> **EXERCISE INSTRUCTIONS**: If a line in the listing includes the word "many", copy it out.

> **SOURCE MATERIAL**:
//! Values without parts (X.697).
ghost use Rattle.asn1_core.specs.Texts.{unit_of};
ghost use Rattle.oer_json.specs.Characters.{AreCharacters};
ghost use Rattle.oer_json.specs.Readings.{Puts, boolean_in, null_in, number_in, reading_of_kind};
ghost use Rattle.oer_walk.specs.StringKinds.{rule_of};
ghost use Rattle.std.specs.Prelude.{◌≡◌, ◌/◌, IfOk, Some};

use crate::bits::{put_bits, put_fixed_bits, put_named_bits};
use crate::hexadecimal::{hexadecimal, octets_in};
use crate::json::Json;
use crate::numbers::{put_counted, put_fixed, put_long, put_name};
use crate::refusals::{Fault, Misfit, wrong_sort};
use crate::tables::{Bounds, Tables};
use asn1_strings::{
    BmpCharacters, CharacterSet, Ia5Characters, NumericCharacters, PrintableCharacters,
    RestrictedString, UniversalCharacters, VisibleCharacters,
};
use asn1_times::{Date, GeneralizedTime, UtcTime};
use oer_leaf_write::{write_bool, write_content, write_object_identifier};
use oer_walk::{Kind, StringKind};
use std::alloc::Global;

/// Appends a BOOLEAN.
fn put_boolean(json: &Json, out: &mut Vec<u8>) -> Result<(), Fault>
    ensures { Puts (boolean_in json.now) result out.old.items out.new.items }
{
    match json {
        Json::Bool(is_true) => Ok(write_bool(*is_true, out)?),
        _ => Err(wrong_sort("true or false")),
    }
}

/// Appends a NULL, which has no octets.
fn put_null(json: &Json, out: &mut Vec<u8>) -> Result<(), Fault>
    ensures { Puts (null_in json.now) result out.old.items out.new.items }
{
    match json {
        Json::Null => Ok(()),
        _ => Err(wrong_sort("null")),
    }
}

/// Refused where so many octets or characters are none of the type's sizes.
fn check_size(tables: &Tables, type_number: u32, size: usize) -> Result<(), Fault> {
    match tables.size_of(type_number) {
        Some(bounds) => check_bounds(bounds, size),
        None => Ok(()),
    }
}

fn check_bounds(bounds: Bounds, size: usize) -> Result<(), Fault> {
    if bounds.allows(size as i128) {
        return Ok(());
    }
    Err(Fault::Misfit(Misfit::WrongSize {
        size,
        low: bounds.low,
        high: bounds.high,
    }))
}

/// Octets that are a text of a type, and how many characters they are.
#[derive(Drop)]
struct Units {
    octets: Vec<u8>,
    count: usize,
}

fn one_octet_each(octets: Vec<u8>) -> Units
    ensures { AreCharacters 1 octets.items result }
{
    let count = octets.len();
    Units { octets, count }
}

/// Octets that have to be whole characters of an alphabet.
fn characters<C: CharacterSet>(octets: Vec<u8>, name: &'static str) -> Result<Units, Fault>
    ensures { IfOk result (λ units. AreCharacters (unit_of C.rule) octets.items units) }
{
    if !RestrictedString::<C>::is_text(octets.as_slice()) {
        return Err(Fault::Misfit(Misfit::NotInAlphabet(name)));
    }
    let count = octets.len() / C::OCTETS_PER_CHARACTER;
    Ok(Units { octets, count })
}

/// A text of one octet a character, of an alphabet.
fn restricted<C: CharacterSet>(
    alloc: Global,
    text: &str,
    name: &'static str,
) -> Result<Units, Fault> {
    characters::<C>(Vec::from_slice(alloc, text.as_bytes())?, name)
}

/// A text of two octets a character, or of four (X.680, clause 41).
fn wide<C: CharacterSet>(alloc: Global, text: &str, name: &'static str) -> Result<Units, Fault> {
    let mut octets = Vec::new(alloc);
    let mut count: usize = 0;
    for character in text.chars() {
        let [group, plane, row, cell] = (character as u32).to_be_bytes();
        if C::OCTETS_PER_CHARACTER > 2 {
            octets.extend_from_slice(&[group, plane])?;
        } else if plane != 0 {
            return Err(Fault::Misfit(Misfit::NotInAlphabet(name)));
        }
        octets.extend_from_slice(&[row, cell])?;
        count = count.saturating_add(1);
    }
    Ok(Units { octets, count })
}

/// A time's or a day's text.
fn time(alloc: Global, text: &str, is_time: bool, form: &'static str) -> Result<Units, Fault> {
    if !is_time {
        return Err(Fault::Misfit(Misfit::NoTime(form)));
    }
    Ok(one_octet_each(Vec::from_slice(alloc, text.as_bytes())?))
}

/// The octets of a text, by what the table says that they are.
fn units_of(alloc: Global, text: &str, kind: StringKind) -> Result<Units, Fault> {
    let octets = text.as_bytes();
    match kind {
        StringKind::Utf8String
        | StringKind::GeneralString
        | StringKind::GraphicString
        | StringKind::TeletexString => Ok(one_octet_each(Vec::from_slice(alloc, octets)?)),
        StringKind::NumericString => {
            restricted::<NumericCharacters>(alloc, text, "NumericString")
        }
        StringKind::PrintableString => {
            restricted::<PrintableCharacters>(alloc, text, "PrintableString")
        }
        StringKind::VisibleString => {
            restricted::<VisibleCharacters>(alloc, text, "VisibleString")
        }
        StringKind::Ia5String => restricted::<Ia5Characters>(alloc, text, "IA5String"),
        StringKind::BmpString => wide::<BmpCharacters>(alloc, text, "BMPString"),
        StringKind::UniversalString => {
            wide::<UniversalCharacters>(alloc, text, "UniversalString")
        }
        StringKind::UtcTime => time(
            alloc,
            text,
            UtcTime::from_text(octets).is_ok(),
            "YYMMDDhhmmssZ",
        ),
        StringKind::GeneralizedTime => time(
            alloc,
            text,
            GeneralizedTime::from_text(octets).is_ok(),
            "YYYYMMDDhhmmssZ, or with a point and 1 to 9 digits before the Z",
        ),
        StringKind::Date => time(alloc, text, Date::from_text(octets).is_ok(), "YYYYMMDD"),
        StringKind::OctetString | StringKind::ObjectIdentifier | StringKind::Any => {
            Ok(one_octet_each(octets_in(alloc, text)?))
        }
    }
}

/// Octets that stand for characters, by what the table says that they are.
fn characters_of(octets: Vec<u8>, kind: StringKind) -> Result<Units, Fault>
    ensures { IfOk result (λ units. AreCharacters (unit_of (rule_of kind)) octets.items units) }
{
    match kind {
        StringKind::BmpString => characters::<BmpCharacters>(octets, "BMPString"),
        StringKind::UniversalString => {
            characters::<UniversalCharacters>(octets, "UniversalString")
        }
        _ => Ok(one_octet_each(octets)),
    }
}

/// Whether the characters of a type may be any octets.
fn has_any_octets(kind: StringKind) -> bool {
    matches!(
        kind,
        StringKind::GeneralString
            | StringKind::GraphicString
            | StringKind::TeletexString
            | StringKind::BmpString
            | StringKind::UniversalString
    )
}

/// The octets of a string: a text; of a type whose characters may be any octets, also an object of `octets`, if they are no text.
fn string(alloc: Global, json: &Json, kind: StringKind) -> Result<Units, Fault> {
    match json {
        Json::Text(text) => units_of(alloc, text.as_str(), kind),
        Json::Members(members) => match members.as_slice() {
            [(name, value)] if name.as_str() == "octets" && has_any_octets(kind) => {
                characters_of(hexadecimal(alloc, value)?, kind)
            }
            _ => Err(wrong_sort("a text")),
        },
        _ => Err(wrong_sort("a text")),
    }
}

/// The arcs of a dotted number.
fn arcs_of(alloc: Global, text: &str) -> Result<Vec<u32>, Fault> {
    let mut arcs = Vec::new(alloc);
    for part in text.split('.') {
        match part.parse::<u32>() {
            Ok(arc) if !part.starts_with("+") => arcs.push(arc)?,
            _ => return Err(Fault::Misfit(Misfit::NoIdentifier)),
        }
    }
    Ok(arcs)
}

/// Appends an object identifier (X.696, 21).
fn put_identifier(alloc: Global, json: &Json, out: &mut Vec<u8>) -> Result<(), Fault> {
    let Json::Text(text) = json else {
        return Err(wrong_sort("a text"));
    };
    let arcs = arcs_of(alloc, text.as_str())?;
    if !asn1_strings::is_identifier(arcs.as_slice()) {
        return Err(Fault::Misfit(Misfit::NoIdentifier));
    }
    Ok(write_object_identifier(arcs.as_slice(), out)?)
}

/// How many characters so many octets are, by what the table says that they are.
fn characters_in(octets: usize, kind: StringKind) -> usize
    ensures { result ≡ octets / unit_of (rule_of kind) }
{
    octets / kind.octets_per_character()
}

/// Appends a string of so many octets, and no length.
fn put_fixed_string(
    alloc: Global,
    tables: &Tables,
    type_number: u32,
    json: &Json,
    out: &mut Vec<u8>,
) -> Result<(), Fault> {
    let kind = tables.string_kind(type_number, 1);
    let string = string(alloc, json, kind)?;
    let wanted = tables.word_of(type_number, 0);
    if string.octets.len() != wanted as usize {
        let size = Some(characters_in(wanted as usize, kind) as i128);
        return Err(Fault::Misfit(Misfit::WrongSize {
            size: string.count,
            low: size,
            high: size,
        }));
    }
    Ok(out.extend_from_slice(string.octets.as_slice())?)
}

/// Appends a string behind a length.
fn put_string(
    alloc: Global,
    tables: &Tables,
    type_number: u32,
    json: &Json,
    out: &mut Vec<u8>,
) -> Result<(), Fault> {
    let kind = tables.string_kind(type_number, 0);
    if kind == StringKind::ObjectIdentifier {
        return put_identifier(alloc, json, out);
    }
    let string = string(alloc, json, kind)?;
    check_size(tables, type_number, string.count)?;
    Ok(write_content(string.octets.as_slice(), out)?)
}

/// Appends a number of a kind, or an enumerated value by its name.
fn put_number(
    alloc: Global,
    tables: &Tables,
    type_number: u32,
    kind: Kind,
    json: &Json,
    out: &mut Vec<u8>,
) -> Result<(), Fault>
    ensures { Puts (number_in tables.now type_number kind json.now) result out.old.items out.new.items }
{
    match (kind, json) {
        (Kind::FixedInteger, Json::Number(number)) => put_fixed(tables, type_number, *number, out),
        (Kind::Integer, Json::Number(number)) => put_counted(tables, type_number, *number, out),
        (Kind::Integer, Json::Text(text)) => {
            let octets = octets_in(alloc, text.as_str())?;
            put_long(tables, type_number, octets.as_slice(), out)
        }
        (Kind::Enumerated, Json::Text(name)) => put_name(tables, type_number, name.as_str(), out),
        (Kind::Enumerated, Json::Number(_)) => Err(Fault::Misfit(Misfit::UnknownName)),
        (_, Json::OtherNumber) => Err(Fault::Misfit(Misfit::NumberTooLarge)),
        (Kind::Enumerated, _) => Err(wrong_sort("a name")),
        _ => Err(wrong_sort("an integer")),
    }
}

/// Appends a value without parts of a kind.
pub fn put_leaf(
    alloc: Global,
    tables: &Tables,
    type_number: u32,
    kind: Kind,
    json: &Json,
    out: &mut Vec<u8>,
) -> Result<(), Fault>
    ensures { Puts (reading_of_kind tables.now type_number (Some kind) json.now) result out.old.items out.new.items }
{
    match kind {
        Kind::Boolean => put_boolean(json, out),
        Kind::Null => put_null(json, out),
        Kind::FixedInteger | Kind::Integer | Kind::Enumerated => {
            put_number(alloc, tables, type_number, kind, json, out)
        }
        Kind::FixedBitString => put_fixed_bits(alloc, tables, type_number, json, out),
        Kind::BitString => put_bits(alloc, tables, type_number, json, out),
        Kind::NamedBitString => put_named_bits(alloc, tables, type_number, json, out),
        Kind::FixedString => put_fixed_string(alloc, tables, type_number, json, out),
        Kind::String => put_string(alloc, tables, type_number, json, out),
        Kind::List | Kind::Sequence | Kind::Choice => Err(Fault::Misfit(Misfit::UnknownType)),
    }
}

> **EXERCISE ANSWER**:
/// Refused where so many octets or characters are none of the type's sizes.
/// Octets that are a text of a type, and how many characters they are.
/// How many characters so many octets are, by what the table says that they are.
/// Appends a string of so many octets, and no length.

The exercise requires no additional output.